§ **Exercise instructions**: Filter the lines below, keeping each one that holds "which".

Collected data
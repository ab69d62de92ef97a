//! Where a relay listens, and how many sources it takes, by its settings.

ghost use Rattle.std.specs.Prelude.{◌≡◌, true};
ghost use Rattle.fwd_settings.specs.Ranges.{in_range};

use crate::files::{most_files, sources_within};
use fwd_peers::{PeerAddress, SocketPath};
use fwd_settings::{ListenAddress, Settings};
use fwd_turns::{ListenConfig, ReaderLimits};
use std::rt::Files;

/// Where the relay listens, how many sources it takes, and how many readers.
#[derive(Clone, Copy)]
pub(crate) struct Address {
    pub listen: ListenConfig,
    pub readers: usize,
    pub each: ReaderLimits,
}

/// Where a relay of these settings listens, how many sources it takes: as many as are set, or as
/// many as the process may have files open for; and how many readers it has.
#[tactic(auto, using(crate::proofs::Outputs::outputs_few))]
pub(crate) fn address_of<R: Files + AllocGlobal>(rt: &R, settings: &Settings) -> Address
    requires { in_range settings.now ≡ true }
{
    let relay = &settings.relay;
    let asked = u64::from(relay.connections);
    let readers = u64::from(relay.readers);
    let files = most_files(rt);
    let outputs = settings.outputs.as_slice();
    let most = match files {
        Some(files) => sources_within(files, relay.readers, outputs),
        None => asked.saturating_mul(2),
    };
    Address {
        listen: ListenConfig {
            listen: listen_of(&relay.listen),
            monitor: relay.monitor,
            has_metrics: relay.metrics,
            connections: asked.min(most),
            has_other_outputs: outputs.len() > 1,
            few_files: if most < asked { files } else { None },
        },
        readers: readers as usize,
        each: ReaderLimits {
            idle_limit: relay.idle_limit,
            kept: most
                .saturating_sub(asked)
                .min(asked)
                .checked_div(readers)
                .unwrap_or(0),
        },
    }
}

/// Where sources connect, by the settings.
fn listen_of(listen: &ListenAddress) -> PeerAddress {
    match listen {
        ListenAddress::Tcp(address) => PeerAddress::Tcp(*address),
        ListenAddress::Unix(path) => PeerAddress::Unix(SocketPath::of(path.as_str())),
    }
}

/// The path of the control socket, if the settings name one.
pub(crate) fn control_path_of(settings: &Settings) -> Option<SocketPath> {
    let path = settings.relay.control.as_ref()?;
    Some(SocketPath::of(path.as_str()))
}
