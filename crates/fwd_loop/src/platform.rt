//! What a run asks of its runtime.

use std::net::{Net, TcpListener, TcpStream};
use std::rt::Clock;
use std::sync::Wait;
use std::thread::Threads;

/// What a run asks of its runtime: TCP sockets, threads, waits, the clock and memory, shared by all
/// of its threads.
pub trait Platform: Net<Listener = TcpListener, Stream = TcpStream>
    + Threads
    + Wait
    + Clock
    + AllocGlobal
    + Sync {}

impl<
    R: Net<Listener = TcpListener, Stream = TcpStream>
        + Threads
        + Wait
        + Clock
        + AllocGlobal
        + Sync,
> Platform for R {}
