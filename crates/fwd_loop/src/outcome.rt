//! What a run came to.

ghost use Rattle.std.specs.Prelude.{◌≡◌, true, length, Some, All, IfOk, IfSome};
ghost use Rattle.fwd_history.specs.Histories.{Comes};
ghost use Rattle.fwd_listeners.specs.Endings.{is_nothing};
ghost use Rattle.fwd_loop.specs.Delivered.{AreEmptied};
ghost use Rattle.fwd_reader.specs.Ends.{AddUp, AreReportsAfter};
ghost use Rattle.fwd_turns.specs.Draining.{IsReadOut};
ghost use Rattle.fwd_turns.specs.declared.draining.DrainSeen.{DrainSeen};

use fwd_chunks::Report;
use fwd_history::Run;
use fwd_listeners::{Control, ControlAnswer, Ending, Left, SocketFile, ending_of};
use fwd_monitors::StartFault;
use fwd_output::UnsentRequests;
use fwd_reader::{Output, last_reports};
use fwd_run::{ReachedHistory, empty_output_has_delivered};
use fwd_turns::DrainSeen;
use std::alloc::{AllocError, Global};

/// What a run came to.
#[derive(Drop)]
pub struct Outcome<J: Run> {
    /// What each output has to do with in the end, in the settings' order.
    pub reports: Vec<Report>,
    /// Why it ended.
    pub ending: Ending,
    /// What is not delivered.
    pub left: Left,
    /// What was seen of the relay in the end, where it was asked to stop.
    pub seen: Option<DrainSeen>,
    /// The history of the run, for the proof: behind it the outputs are what they report.
    pub reached: ReachedHistory<J>,
}

/// A run that ended: what it came to, who asked it to stop, if it can be asked, and the file of the
/// closed socket where sources connected, if that had one.
#[derive(Drop)]
pub(crate) struct Ended<J: Run> {
    pub outcome: Result<Outcome<J>, StartFault>,
    pub control: Option<Control>,
    pub file: Option<SocketFile>,
}

/// Outputs that hold nothing, by these reports, have delivered all that entered them, behind a
/// history of the run. It does nothing.
fn have_delivered<J: Run>(reached: &ReachedHistory<J>, reports: &[Report])
    requires { AreReportsAfter reached.now reports.now }
    ensures { All (λ report. report.counts.held ≡ 0) reports.now
        → AreEmptied reached.now reports.now }
{
    reached.is_legal(); // for the proof
    empty_output_has_delivered(); // for the proof
}

/// What is left beside what outputs hold: the requests that no output admitted, and the sources
/// that were not read to their end.
fn left_of(seen: Option<DrainSeen>, unsent: UnsentRequests) -> Left
    ensures read_out { is_nothing result ≡ true → IfSome seen IsReadOut }
{
    Left {
        entries: unsent.entries,
        unasked: unsent.unasked,
        sources: seen.map_or(0, |seen| seen.unread()),
    }
}

impl<J: Run> Outcome<J> {
    /// What a run over these outputs came to, of which this was seen in the end where it was asked
    /// to stop, which did not admit some requests, and which had reached a history before. Nobody
    /// shares the outputs any more. The only error is out of memory.
    pub(crate) fn of(
        alloc: Global,
        outputs: Vec<Output<J>>,
        reached: &ReachedHistory<J>,
        seen: Option<DrainSeen>,
        unsent: UnsentRequests,
    ) -> Result<Outcome<J>, AllocError>
        ensures count { IfOk result (λ o. length o.reports.items ≡ length outputs.items) }
        ensures add_up { IfOk result (λ o. AddUp o.reports.items) }
        ensures reached { IfOk result (λ o. AreReportsAfter o.reached o.reports.items) }
        ensures onward { IfOk result (λ o. Comes reached.now o.reached) }
        ensures delivered { IfOk result (λ o. o.ending ≡ Ending.Delivered
            → All (λ report. report.counts.held ≡ 0) o.reports.items) }
        ensures read_out { IfOk result (λ o. o.ending ≡ Ending.Delivered
            → (last : DrainSeen) × ((o.seen ≡ Some last) × IsReadOut last)) }
        ensures emptied { IfOk result (λ o. o.ending ≡ Ending.Delivered
            → AreEmptied o.reached o.reports.items) }
    {
        let (reports, reached) = last_reports(alloc, outputs, reached)?;
        have_delivered(&reached, &reports); // for the proof
        let left = left_of(seen, unsent).with_held(&reports);
        Ok(Outcome {
            reports,
            ending: ending_of(seen.is_some(), left),
            left,
            seen,
            reached,
        })
    }

    /// What whoever asked the relay to stop is told of it.
    pub(crate) fn answer(&self) -> ControlAnswer {
        self.ending.answer(self.left)
    }
}
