//! The relay over sockets: a loop over its sources and monitors, and its workers, each in a thread
//! of its own, over TCP. What is proved here is that the code is safe; that its loops end; and that
//! a run counts each output once and so that it adds up. The turns of readers stand in `fwd_turns`,
//! what the one in front listens at in `fwd_listeners`, and the workers in `fwd_pools`. All other
//! meaning stands below these: where a request goes and who is told of receipts in `fwd_reader`.
#![tactic(auto)]

mod address;
mod files;
mod opening;
mod outcome;
mod platform;
mod relay_loop;
mod serving;
mod set_parts;
mod threads;

pub use fwd_listeners::{ControlAnswer, Ending, Left};
pub use fwd_monitors::{JournalEvent, ListenerKind, MemoryFor, Observer, StartFault};
pub use fwd_peers::{CloseReason, PeerAddress, SocketPath};
pub use fwd_turns::{FrontTurns, Turns, close_all};
pub use opening::Opened;
pub use outcome::Outcome;
pub use platform::Platform;
pub use relay_loop::Loop;
pub use threads::{Beside, Started};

§ **Solution for this task**:
    /// What a run over these outputs came to, of which this was seen in the end where it was asked
    /// to stop, which did not admit some requests, and which had reached a history before. Nobody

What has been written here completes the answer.